Task instructions: Look through the entries for the string "like" and copy every line where it shows up.

Collected data entries
====

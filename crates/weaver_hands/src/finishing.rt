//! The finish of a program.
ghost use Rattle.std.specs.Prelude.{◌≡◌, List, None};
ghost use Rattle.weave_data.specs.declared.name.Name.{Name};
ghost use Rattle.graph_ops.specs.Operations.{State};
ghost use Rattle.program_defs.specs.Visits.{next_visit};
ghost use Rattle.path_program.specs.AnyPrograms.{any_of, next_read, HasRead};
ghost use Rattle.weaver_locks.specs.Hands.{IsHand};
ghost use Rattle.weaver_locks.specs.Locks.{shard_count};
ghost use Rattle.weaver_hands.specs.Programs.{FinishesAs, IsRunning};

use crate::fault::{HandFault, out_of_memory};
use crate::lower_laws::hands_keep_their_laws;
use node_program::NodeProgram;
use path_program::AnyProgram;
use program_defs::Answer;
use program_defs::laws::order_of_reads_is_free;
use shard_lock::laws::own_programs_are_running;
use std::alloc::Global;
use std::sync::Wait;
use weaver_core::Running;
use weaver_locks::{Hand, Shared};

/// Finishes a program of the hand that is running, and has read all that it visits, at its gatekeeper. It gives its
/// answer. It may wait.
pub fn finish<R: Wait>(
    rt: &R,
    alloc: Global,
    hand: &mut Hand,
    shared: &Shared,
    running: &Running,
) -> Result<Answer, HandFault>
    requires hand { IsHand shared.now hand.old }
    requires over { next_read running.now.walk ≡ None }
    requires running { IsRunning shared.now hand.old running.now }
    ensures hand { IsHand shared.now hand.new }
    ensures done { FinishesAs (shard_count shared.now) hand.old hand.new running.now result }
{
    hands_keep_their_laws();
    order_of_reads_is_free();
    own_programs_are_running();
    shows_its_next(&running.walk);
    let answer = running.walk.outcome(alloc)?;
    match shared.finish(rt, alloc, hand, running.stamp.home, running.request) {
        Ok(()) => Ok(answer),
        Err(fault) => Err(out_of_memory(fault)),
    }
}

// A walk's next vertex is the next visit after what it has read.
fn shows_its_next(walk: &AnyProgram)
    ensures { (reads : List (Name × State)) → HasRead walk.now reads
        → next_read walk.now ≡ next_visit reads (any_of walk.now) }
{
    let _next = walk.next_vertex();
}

====

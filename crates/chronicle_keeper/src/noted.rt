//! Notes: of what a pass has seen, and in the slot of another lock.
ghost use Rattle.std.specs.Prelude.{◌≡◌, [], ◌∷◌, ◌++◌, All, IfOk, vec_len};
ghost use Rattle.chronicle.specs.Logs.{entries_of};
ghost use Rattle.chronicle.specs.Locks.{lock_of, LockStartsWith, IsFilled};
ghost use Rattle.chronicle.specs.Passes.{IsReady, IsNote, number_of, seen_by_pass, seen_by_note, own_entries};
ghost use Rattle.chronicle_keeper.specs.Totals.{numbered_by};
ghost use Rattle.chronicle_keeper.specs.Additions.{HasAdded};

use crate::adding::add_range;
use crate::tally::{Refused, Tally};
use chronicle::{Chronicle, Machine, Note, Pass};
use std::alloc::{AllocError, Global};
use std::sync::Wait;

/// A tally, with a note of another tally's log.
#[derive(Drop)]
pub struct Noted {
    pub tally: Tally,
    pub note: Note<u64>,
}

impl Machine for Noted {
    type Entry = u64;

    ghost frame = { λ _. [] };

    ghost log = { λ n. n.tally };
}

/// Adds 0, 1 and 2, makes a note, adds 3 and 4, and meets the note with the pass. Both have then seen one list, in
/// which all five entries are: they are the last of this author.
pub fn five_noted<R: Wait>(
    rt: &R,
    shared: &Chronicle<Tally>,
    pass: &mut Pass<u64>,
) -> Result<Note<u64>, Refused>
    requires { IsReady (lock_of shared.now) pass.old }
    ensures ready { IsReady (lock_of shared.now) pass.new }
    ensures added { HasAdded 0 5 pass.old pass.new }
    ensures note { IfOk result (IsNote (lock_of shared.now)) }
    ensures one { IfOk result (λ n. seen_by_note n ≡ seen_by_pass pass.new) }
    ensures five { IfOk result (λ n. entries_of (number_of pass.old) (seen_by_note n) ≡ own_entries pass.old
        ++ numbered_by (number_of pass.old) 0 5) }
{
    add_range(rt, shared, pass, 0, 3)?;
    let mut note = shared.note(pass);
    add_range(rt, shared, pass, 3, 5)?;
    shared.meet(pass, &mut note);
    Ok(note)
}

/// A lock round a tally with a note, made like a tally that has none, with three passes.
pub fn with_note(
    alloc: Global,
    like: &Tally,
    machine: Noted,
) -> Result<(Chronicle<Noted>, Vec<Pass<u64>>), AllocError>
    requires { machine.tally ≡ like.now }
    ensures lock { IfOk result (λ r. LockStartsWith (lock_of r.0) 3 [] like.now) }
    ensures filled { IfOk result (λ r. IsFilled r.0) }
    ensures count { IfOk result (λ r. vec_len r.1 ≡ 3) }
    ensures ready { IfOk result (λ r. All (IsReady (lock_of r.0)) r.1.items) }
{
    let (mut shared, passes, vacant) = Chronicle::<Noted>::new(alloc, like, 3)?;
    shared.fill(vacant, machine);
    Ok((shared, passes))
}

====

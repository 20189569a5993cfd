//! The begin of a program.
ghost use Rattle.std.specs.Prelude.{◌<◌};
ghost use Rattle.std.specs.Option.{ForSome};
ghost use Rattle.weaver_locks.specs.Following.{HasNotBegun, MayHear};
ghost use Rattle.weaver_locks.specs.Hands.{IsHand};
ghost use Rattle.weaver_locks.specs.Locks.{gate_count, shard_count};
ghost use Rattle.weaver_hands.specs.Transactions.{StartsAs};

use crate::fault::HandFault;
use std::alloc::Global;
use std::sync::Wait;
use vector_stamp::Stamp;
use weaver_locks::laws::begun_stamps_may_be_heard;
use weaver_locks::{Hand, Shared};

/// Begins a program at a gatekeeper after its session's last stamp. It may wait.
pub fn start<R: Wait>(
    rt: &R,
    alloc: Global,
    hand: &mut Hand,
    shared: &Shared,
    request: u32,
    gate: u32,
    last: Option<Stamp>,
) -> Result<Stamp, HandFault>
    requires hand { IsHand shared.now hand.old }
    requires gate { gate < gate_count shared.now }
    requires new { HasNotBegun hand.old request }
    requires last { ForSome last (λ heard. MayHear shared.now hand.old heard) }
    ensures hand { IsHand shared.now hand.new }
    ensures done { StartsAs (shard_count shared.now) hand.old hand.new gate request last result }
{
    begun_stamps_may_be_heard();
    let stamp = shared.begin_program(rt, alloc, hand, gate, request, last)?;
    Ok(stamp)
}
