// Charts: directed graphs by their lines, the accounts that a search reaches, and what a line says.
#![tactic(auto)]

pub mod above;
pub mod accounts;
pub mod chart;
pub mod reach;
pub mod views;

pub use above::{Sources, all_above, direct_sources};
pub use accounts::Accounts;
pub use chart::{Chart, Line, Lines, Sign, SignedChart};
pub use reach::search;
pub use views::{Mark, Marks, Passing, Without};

====

Result of this exercise:
/// A lock round a tally with a note, made like a tally that has none, with three passes.
    like: &Tally,
    requires { machine.tally ≡ like.now }
    ensures lock { IfOk result (λ r. LockStartsWith (lock_of r.0) 3 [] like.now) }
    let (mut shared, passes, vacant) = Chronicle::<Noted>::new(alloc, like, 3)?;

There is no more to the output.